━━━ Dataset ━━━

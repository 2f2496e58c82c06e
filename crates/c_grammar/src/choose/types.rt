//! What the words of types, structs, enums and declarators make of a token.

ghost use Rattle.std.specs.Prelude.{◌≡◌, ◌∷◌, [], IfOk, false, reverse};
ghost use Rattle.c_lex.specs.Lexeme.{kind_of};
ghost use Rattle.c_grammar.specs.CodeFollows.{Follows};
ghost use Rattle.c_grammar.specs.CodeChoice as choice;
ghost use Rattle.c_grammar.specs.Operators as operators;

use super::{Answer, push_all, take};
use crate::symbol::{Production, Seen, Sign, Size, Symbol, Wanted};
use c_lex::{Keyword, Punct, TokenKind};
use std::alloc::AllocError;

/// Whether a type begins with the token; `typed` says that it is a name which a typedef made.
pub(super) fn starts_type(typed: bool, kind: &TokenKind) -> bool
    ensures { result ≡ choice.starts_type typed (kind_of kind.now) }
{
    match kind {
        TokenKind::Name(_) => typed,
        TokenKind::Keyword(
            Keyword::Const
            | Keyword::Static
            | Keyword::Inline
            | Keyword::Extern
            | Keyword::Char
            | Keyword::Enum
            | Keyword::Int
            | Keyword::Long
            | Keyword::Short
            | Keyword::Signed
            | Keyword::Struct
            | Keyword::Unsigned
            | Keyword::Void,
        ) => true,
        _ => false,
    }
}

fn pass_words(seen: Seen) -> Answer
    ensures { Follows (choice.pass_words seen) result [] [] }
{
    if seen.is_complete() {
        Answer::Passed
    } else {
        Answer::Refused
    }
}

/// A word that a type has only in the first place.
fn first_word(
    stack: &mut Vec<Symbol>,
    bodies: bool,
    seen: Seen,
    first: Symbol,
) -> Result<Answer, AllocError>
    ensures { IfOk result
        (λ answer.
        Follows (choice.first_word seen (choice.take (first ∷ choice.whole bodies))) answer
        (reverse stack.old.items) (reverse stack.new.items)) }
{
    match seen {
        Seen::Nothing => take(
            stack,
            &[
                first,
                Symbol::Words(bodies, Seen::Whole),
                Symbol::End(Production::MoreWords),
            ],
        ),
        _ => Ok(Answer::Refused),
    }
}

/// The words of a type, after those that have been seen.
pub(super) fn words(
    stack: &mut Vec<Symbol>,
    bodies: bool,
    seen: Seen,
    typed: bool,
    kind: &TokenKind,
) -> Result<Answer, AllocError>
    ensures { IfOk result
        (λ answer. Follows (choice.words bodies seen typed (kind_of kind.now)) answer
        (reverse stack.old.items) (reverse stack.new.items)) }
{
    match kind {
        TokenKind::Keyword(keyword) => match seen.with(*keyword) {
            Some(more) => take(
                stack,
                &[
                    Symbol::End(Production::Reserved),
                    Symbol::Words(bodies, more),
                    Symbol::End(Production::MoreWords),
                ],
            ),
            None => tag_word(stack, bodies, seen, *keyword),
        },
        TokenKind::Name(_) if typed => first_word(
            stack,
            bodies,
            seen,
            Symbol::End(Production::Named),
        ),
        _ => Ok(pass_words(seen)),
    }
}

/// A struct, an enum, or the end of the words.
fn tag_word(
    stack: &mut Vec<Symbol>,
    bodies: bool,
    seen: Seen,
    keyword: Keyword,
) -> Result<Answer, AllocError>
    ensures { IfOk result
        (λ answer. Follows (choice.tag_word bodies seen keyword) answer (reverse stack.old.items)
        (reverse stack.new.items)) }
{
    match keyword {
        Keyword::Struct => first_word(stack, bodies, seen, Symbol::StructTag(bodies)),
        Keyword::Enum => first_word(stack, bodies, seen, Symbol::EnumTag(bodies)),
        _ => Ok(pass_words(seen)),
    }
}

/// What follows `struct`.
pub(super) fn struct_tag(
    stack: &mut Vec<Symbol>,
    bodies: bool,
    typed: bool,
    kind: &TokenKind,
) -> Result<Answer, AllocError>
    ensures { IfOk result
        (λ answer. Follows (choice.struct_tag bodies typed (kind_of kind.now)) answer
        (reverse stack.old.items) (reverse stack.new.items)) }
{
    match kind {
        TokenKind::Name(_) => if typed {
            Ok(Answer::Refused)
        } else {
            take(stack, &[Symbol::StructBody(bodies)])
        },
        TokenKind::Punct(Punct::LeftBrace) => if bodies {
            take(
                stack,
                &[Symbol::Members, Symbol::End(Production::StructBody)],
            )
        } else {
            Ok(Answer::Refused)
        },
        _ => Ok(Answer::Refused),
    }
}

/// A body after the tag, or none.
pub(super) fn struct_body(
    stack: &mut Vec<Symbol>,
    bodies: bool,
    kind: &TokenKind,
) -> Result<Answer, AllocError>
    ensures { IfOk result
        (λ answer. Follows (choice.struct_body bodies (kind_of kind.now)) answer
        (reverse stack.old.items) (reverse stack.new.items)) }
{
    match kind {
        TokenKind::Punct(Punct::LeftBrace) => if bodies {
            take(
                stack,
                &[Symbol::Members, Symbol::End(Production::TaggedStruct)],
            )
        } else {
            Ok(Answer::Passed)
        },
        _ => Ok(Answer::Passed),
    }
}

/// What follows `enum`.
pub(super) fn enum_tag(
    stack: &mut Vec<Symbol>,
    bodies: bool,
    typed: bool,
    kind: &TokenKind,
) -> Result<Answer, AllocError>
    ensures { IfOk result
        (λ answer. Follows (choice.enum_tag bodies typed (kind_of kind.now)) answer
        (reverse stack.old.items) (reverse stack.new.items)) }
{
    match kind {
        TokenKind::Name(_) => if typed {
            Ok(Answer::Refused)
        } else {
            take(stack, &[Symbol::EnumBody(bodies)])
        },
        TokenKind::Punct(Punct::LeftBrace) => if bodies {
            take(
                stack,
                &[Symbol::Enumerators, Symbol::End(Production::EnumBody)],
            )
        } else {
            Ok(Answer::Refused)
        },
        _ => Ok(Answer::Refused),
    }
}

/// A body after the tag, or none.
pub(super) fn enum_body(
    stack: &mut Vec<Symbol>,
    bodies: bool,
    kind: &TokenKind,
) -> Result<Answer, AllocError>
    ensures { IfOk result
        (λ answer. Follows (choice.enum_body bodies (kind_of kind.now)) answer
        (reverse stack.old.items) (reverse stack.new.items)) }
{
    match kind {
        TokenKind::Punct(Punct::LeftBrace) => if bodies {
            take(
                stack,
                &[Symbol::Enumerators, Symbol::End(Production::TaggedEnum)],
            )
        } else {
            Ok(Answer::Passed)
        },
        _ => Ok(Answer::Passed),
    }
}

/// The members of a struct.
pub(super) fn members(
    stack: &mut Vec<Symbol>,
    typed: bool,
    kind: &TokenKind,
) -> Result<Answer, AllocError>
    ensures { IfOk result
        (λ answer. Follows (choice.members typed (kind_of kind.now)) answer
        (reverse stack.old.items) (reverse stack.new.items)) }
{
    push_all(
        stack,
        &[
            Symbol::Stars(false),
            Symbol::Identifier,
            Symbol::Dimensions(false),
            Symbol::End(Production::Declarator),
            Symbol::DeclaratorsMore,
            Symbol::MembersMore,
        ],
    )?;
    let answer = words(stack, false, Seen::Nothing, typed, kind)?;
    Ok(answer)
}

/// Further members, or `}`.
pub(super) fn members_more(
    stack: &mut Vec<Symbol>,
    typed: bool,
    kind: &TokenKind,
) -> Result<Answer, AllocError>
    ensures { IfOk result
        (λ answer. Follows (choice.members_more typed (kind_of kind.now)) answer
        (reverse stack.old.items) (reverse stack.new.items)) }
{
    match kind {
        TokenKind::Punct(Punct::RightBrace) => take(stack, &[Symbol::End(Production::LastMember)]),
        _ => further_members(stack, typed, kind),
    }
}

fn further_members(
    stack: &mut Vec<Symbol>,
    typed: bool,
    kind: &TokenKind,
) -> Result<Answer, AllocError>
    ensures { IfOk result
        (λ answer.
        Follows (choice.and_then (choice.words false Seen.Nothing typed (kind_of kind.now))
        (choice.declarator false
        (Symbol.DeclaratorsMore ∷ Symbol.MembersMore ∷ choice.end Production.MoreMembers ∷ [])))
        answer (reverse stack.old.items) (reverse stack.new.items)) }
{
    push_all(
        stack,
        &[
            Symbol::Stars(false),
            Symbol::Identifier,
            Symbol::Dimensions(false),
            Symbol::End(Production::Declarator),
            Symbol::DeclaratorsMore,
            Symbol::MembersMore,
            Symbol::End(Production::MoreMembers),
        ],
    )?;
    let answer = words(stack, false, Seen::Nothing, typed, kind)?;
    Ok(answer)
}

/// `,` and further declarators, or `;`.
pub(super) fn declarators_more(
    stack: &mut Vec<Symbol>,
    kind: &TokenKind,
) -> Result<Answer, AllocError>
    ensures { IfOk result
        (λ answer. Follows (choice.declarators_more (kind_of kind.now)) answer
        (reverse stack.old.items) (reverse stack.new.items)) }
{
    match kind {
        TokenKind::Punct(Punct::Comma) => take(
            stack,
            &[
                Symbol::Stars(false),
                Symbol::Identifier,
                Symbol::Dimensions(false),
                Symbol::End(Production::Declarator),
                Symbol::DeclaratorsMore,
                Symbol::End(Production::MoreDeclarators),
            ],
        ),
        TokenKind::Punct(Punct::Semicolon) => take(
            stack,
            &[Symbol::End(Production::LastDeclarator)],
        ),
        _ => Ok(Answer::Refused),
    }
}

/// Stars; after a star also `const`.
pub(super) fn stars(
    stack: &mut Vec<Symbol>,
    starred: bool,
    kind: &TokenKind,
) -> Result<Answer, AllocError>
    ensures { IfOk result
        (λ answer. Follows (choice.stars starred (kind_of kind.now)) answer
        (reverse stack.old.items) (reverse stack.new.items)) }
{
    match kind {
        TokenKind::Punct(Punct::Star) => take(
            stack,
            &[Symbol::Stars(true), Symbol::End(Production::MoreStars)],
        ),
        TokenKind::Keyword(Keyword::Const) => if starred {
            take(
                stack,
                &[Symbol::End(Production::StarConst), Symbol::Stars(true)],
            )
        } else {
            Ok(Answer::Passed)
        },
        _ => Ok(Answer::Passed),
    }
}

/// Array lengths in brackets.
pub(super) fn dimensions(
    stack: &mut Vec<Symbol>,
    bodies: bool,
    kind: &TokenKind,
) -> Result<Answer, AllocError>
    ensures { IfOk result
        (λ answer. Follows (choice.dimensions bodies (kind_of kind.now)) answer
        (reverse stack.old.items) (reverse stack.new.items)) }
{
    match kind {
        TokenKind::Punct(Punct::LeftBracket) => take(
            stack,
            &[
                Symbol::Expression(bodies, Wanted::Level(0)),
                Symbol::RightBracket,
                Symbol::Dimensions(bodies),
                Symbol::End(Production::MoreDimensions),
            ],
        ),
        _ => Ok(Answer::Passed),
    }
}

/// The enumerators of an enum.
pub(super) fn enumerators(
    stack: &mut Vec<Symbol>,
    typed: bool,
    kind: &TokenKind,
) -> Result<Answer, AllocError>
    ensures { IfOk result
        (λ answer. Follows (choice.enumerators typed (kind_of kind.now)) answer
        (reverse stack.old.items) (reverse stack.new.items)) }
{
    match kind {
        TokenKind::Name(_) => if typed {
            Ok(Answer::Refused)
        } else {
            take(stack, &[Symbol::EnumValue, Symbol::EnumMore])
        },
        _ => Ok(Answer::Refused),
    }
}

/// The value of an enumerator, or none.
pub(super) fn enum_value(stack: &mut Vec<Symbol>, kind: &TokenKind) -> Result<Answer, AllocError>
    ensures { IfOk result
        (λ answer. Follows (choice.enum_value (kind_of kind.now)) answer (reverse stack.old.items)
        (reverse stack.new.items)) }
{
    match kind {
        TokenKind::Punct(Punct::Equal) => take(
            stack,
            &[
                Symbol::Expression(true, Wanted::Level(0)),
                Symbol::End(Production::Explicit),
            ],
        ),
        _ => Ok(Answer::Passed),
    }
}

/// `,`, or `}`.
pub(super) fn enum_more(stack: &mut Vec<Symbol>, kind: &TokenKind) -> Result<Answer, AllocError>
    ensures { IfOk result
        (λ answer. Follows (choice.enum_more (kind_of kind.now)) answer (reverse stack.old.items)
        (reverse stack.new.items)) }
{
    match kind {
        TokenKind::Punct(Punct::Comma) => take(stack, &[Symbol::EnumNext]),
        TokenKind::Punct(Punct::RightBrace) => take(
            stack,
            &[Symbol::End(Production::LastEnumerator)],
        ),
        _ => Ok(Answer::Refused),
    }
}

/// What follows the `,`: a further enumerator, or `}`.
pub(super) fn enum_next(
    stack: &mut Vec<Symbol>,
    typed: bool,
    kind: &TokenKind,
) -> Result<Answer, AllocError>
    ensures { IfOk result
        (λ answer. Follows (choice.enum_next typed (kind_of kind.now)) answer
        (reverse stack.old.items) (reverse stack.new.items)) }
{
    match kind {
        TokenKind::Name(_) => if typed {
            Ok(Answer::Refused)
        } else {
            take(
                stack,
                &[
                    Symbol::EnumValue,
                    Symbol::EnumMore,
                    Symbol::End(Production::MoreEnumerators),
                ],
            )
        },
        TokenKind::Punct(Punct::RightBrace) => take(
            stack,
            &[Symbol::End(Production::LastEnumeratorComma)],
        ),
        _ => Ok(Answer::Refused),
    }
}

━━━

Task item: Nothing past the line containing "use std::alloc::AllocError;" should be restated; transcribe the material exactly from its first line through that line.

Exercise response:
repository 2f2496e58c82c06e
filename crates/c_grammar/src/choose/types.rt
//! What the words of types, structs, enums and declarators make of a token.

ghost use Rattle.std.specs.Prelude.{◌≡◌, ◌∷◌, [], IfOk, false, reverse};
ghost use Rattle.c_lex.specs.Lexeme.{kind_of};
ghost use Rattle.c_grammar.specs.CodeFollows.{Follows};
ghost use Rattle.c_grammar.specs.CodeChoice as choice;
ghost use Rattle.c_grammar.specs.Operators as operators;

use super::{Answer, push_all, take};
use crate::symbol::{Production, Seen, Sign, Size, Symbol, Wanted};
use c_lex::{Keyword, Punct, TokenKind};
use std::alloc::AllocError;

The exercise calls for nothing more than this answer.